SMPTE

Table of Contents
UPF Home
Add your voice to the UPF Survey

Universal Preservation Format: User Survey

3. SMPTE defines compression as "the process of reducing the number of bits required to represent information by removing redundancy." There are basically two kinds of data compression: lossy and lossless. Lossy data compression results in some loss of data and is best suited to graphics and sound, where some loss of data is acceptable. Lossy compression algorithms can often be modified to allow a relative degree of data compression. The more you compress, the less accurate your decompressed data.
Considering that compression of data files is potentially a trade-off between file size and a loss of digital information, what degree of compression do you feel is acceptable for long-term physical storage?

There is so much variety of function in the data to be stored that it seems best to begin with as high a degree of flexibility as possible in terms of standard-setting. It's pointless, I think, for any one organization (or generation, for that matter) to spend a great deal of time determining precise standards where judgment depends so much on so many variables. - Carli

...lossless compression is the most agreeable, but our member institutions also realize that the function and purpose of creating the copy should drive the creation. As with digital image creation, if the function is to totally replace the original, no compression or lossless compression is the *only* option. But, if the copy is only meant as an access/temporary surrogate copy or to transmit files over the internet, a derivative digital copy with lossy compression could be acceptable. - Dale

...a moderate lossless compression with plenty of error correction capability. - Gaustad

...Just as with artifacts, we will make both general and ad hoc decisions; we need tools to do both. - Graham

For critical records, all original data must be preserved, but the standard should recognize various categories of preservation importance. - Hadley

The issue of compression [...] is highly dependent upon the type of collection and [its] use... We typically do not compress files for storage, but there are some types of information where compression is logical and sensible. - Hamal

Lossless compression is only acceptable if the algorithms for recovering the full information are so established or simple that there is no danger that the compressed information will be loss.

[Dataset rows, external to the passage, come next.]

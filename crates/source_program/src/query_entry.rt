ghost use Rattle.std.specs.Prelude.{◌≡◌, ◌≤◌, ℕ, All, IfOk, IsErrOf, Some, None, get_or, length, map, nat_eq, replicate, slice_get};
ghost use Rattle.aq_term.specs.PlainOf.{plain};
ghost use Rattle.aq_term.specs.declared.entry.Entry.{Entry};
ghost use Rattle.source_program.specs.EntryFor.{IsEntryFor};
ghost use Rattle.source_program.specs.Modes.{AreNamed, AreUnder, IsRefusedAt, IsRefusedCall, IsTakenBy, IsTakenCall, counted, first_refused, is_taken};
ghost use Rattle.term_meaning.specs.Plain.{plains, variables, variables_of_all};
ghost use Rattle.source_program.specs.declared.query_entry.EntryFault.TheVariants as fault;

use aq_term::atom::Atom;
use aq_term::entries::Entries;
use aq_term::entry::Entry;
use aq_term::memory::Memory;
use aq_term::mode::Mode;
use aq_term::read_term::ReadTerm;
use aq_term::term::Term;
use std::alloc::{AllocError, AllocFailed, Global};
use thiserror::Error;

/// Why a query is none of an entry.
#[derive(Clone, Copy, Debug, PartialEq, Eq, Error)]
pub enum EntryFault {
    /// It names no predicate with an entry.
    #[error("query not entry")]
    NotEntry,
    /// The argument of this number, from 1, is the first that its mode refuses.
    #[error("query mode {0}")]
    Mode(u8),
    #[error("out of memory")]
    Memory,
}

impl From<Memory> for EntryFault {
    ghost from_gives = { λ _ e. e ≡ fault.Memory };

    fn from(_error: Memory) -> EntryFault {
        EntryFault::Memory
    }
}

impl From<AllocError> for EntryFault {
    ghost from_gives = { λ _ e. e ≡ fault.Memory };

    fn from(_error: AllocError) -> EntryFault {
        EntryFault::Memory
    }
}

impl<T: Drop> From<AllocFailed<T>> for EntryFault {
    ghost from_gives = { λ _ e. e ≡ fault.Memory };

    fn from(_failed: AllocFailed<T>) -> EntryFault {
        EntryFault::Memory
    }
}

/// The place among the entries, from 0, of the one that the query meets.
pub fn query_entry(alloc: Global, query: &ReadTerm, entries: &Entries) -> Result<usize, EntryFault>
    ensures entry { IfOk result (λ place. (entry : Entry) × (slice_get entries.now place ≡ Some entry) × IsEntryFor (plain query.now.term) entry) }
    ensures taken { AreNamed query.now → IfOk result (λ place. (entry : Entry) × (slice_get entries.now place ≡ Some entry) × IsTakenBy (plain query.now.term) entry) }
    ensures not_entry { IsErrOf result EntryFault.NotEntry → All (λ entry. ¬ IsEntryFor (plain query.now.term) entry) entries.now }
    ensures mode { (argument : ℕ) → AreNamed query.now → IsErrOf result (EntryFault.Mode argument) → IsRefusedAt (plain query.now.term) entries.now argument }
{
    match &query.term {
        Term::Var(_) | Term::Int(_) => Err(EntryFault::NotEntry),
        Term::Atom(name) => entry_of(alloc, *name, &[], query.names.len(), entries.as_slice()),
        Term::Compound(name, arguments) => entry_of(
            alloc,
            *name,
            arguments.as_slice(),
            query.names.len(),
            entries.as_slice(),
        ),
    }
}

/// The place of the entry of this name that takes these arguments, whose variables are below `variables`.
fn entry_of(
    alloc: Global,
    name: Atom,
    arguments: &[Term],
    variables: usize,
    entries: &[Entry],
) -> Result<usize, EntryFault>
    ensures entry { IfOk result (λ place. (entry : Entry) × (slice_get entries.now place ≡ Some entry) × (name.number ≡ entry.name.number) × (length arguments.now ≡ entry.arity)) }
    ensures taken { AreUnder variables (map plain arguments.now) → IfOk result (λ place. (entry : Entry) × (slice_get entries.now place ≡ Some entry) × IsTakenCall name.number (map plain arguments.now) entry) }
    ensures mode { (argument : ℕ) → AreUnder variables (map plain arguments.now) → IsErrOf result (EntryFault.Mode argument) → (place : ℕ) × (entry : Entry) × (slice_get entries.now place ≡ Some entry) × IsRefusedCall name.number (map plain arguments.now) entry argument }
    ensures not_entry { IsErrOf result EntryFault.NotEntry → All (λ entry. ¬ ((name.number ≡ entry.name.number) × (length arguments.now ≡ entry.arity))) entries.now }
{
    for (place, entry) in entries.iter().enumerate() {
        if name.number == entry.name.number && arguments.len() == entry.arity as usize {
            let counts = VariableCounts::of(alloc, arguments, variables)?;
            return match first_refused(arguments, entry.modes.as_slice(), &counts) {
                Some(argument) => Err(EntryFault::Mode(argument)),
                None => Ok(place),
            };
        }
    }
    Err(EntryFault::NotEntry)
}

/// The number, from 1, of the first argument that its mode refuses.
fn first_refused(arguments: &[Term], modes: &[Mode], counts: &VariableCounts) -> Option<u8>
    requires few { length arguments.now ≤ 255 }
    ensures { result ≡ first_refused (λ v. nat_eq (get_or counts.now.counts.items v 0) 1) 0 modes.now (map plain arguments.now) }
{
    let mut number: u8 = 0;
    for (argument, mode) in arguments.iter().zip(modes) {
        number = number.saturating_add(1);
        if !takes(*mode, argument, counts) {
            return Some(number);
        }
    }
    None
}

/// Whether an argument of this mode may be this term.
fn takes(mode: Mode, argument: &Term, counts: &VariableCounts) -> bool
    ensures { result ≡ is_taken (λ v. nat_eq (get_or counts.now.counts.items v 0) 1) mode (plain argument.now) }
{
    match mode {
        Mode::Ground => argument.is_ground(),
        Mode::Nonvar => !matches!(argument, Term::Var(_)),
        Mode::Out => match argument {
            Term::Var(number) => counts.is_single(*number),
            _ => false,
        },
        Mode::Any => true,
    }
}

/// How often each variable stands in a query.
#[derive(Drop)]
struct VariableCounts {
    counts: Vec<u64>,
}

impl VariableCounts {
    /// The counts of the variables below `variables` in these terms.
    fn of(alloc: Global, terms: &[Term], variables: usize) -> Result<VariableCounts, Memory>
        ensures { IfOk result (λ made. made.counts.items ≡ counted (variables_of_all (plains (map plain terms.now))) (replicate variables 0)) }
    {
        let mut counts = VariableCounts {
            counts: vec![in alloc; 0; variables]?,
        };
        for term in terms {
            counts.add(term);
        }
        Ok(counts)
    }

    /// Counts the variables of a term. It goes as deep as the term, which is at most 4,096 deep where it was read.
    #[tactic(auto, using(crate::proofs::TermParts::argument_falls))]
    fn add(&mut self, term: &Term)
        ensures { self.new.counts.items ≡ counted (variables (plain term.now)) self.old.counts.items }
    {
        match term {
            Term::Var(number) => {
                if let Some(count) = self.counts.get_mut(*number as usize) {
                    *count = count.saturating_add(1);
                }
            }
            Term::Int(_) | Term::Atom(_) => (),
            Term::Compound(_, arguments) => {
                for argument in arguments.as_slice() {
                    self.add(argument);
                }
            }
        }
    }

    fn is_single(&self, variable: u32) -> bool
        ensures { result ≡ nat_eq (get_or self.now.counts.items variable 0) 1 }
    {
        match self.counts.get(variable as usize) {
            Some(count) => *count == 1,
            None => false,
        }
    }
}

Also, the media must be such that an uncorrectable error will not corrupt the remainder of the file (as can happen with a JPEG-compressed image). Lossless compression is the only acceptable solution for preservation [...] because we do not know what kinds of analysis or manipulation we may care to use on the files in the future. An automatic indexing program, for example, might work on a lossless file, but not on a file which has been compressed so that humans cannot detect the loss.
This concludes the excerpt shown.